As was mentioned a while back, the first “Early Access” or Alpha/Beta of these changes would begin trickling out with Java 6 Update 4, but instead it looks like Sun has gotten almost all of the entire Consumer JRE ready for Early Access with this update.
You can download the update here, and the hottest highlights are as follows:
- Enhanced JRE installation experience
- The Deployment Toolkit takes the guess work out of determining what versions of the JRE end users have installed on their PC. It supplies Java based web applet/application deployers with a simple interface to accomplish Java detection and installation.
- The Kernel installation mode lets first time Java users run applets and Web Start applications without waiting for the whole JRE download. While the default Kernel installation will work with existing Java applets, application developers have the ability to select libraries that should be installed with the kernel, before the rest of the JRE is installed on the end user’s system.
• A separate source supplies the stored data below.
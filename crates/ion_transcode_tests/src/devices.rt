//! Devices in memory, and runs over them.
ghost use Rattle.std.specs.Prelude.{◌≤◌, length};

use super::same::same;
use ion_meter::fault::Fault;
use ion_meter::limits::Limits;
use ion_meter::meter::Meter;
use ion_meter::stream::{FromRead, ToWrite};
use ion_symbols::catalog::Catalog;
use ion_transcode::run::{bound, run};
use ion_transcode::to::{Form, Summary, To};
use std::alloc::Global;
use std::cell::Cell;
use std::io;
use std::io::{Read, Write};
use std::process::Abort;

/// A reader that gives its first bytes, then others so many times, then its last ones, at most so
/// many bytes a read, and that then ends or fails.
#[derive(Clone, Copy, Drop)]
pub struct Giving<'a> {
    /// The bytes that it has not given.
    pub left: &'a [u8],
    /// The bytes that it gives after these.
    pub again: &'a [u8],
    /// How often it gives them.
    pub times: u32,
    /// The bytes that it gives after all of these.
    pub last: &'a [u8],
    /// The most that it gives a read.
    pub most: usize,
    /// Whether it fails where its bytes end.
    pub fails: bool,
}

impl Read for Giving<'_> {
    fn read(&mut self, into: &mut [u8]) -> io::Result<usize> {
        if self.left.is_empty() && self.times > 0 {
            self.times -= 1;
            self.left = self.again;
        }
        if self.left.is_empty() {
            self.left = self.last;
            self.last = &[];
        }
        if self.left.is_empty() && self.fails {
            return Err(io::ErrorKind::Other.into());
        }
        let n = self.left.len().min(self.most).min(into.len());
        into[..n].copy_from_slice(&self.left[..n]);
        self.left = &self.left[n..];
        Ok(n)
    }
}

impl<'a> Giving<'a> {
    /// A reader that gives these bytes, at most so many a read.
    pub fn all(left: &'a [u8], most: usize) -> Giving<'a> {
        Giving {
            left,
            again: &[],
            times: 0,
            last: &[],
            most,
            fails: false,
        }
    }

    /// A reader that gives these bytes in two pieces, of which the first has so many.
    pub fn cut(bytes: &'a [u8], at: usize) -> Giving<'a>
        requires { at ≤ length bytes.now }
    {
        Giving {
            last: &bytes[at..],
            ..Giving::all(&bytes[..at], bytes.len())
        }
    }
}

/// A reader that gives a piece a read, and fails where not just so many bytes were written before it
/// as stand beside the piece. It ends after them.
#[derive(Drop)]
pub struct Waiting<'a> {
    /// The pieces that it has not given.
    pub pieces: &'a [(&'a [u8], usize)],
    /// How many bytes were written.
    pub written: &'a Cell<usize>,
}

impl Read for Waiting<'_> {
    fn read(&mut self, into: &mut [u8]) -> io::Result<usize> {
        let [(piece, written), others @ ..] = self.pieces else {
            return Ok(0);
        };
        if self.written.get() != *written {
            return Err(io::ErrorKind::Other.into());
        }
        let n = piece.len().min(into.len());
        into[..n].copy_from_slice(&piece[..n]);
        self.pieces = others;
        Ok(n)
    }
}

/// A writer that keeps the bytes that it takes, and tells a reader how many they are.
#[derive(Drop)]
pub struct Telling<'a> {
    /// The bytes that it has taken.
    pub taken: Vec<u8>,
    /// How many they are.
    pub written: &'a Cell<usize>,
}

impl Write for Telling<'_> {
    fn write(&mut self, bytes: &[u8]) -> io::Result<usize> {
        if self.taken.extend_from_slice(bytes).is_err() {
            return Err(io::ErrorKind::Other.into());
        }
        self.written.set(self.taken.len());
        Ok(bytes.len())
    }

    fn flush(&mut self) -> io::Result<()> {
        Ok(())
    }
}

/// A writer that takes a byte a call and so many in all, and fails from then on.
#[derive(Drop)]
pub struct Taking {
    /// The bytes that it has taken.
    pub taken: Vec<u8>,
    /// How many it takes yet.
    pub room: usize,
}

impl Write for Taking {
    fn write(&mut self, bytes: &[u8]) -> io::Result<usize> {
        let n = bytes.len().min(self.room).min(1);
        if n == 0 || self.taken.extend_from_slice(&bytes[..n]).is_err() {
            return Err(io::ErrorKind::Other.into());
        }
        self.room -= n;
        Ok(n)
    }

    fn flush(&mut self) -> io::Result<()> {
        Ok(())
    }
}

/// What a run answers, and the writer. All memory has to be given back, and no more be held at any
/// moment than the bound.
pub fn answer<R: Read + Drop, W: Write + Drop>(
    rt: &impl Abort,
    alloc: Global,
    limits: Limits,
    to: To,
    reader: R,
    writer: W,
) -> (Result<Summary, Fault>, W) {
    let catalog = Catalog::new(&Meter::new(alloc));
    answer_by(rt, alloc, &catalog, limits, to, reader, writer)
}

/// What a run by a catalogue answers, and the writer.
pub fn answer_by<R: Read + Drop, W: Write + Drop>(
    rt: &impl Abort,
    alloc: Global,
    catalog: &Catalog<Global>,
    limits: Limits,
    to: To,
    reader: R,
    writer: W,
) -> (Result<Summary, Fault>, W) {
    assert!(rt; limits.check());
    let mut meter = Meter::new(alloc);
    let input = FromRead::new(reader);
    let output = ToWrite::new(writer);
    let (outcome, _input, output) = run(&mut meter, catalog, limits, to, input, output);
    same(rt, meter.held(), 0);
    let form = outcome.map_or(Form::Text, |summary| summary.form);
    assert!(rt; meter.peak() <= bound(limits, form, to));
    (outcome, output.into_inner())
}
- For current users of Java SE, the JRE update mechanism has also been improved, using a patch-in-place mechanism that translates in a faster and more reliable update process (the patch in place mechanism will take effect for end users who upgrade from this update release or later to a new update release). As an added benefit, follow-on update releases will no longer be listed as separate items in the Windows “Add or Remove Programs” dialog.
- A new Java update download engine provides end users with the convenience of pausing and resuming the JRE download, and relies on a more reliable download mechanism.
- Improved performance and look & feel
- The Quick Starter feature will prefetch portions of the JRE into memory, substantially decreasing the average JRE cold start-up time (the time that it takes to launch a Java application for the first time after a fresh reboot of a PC).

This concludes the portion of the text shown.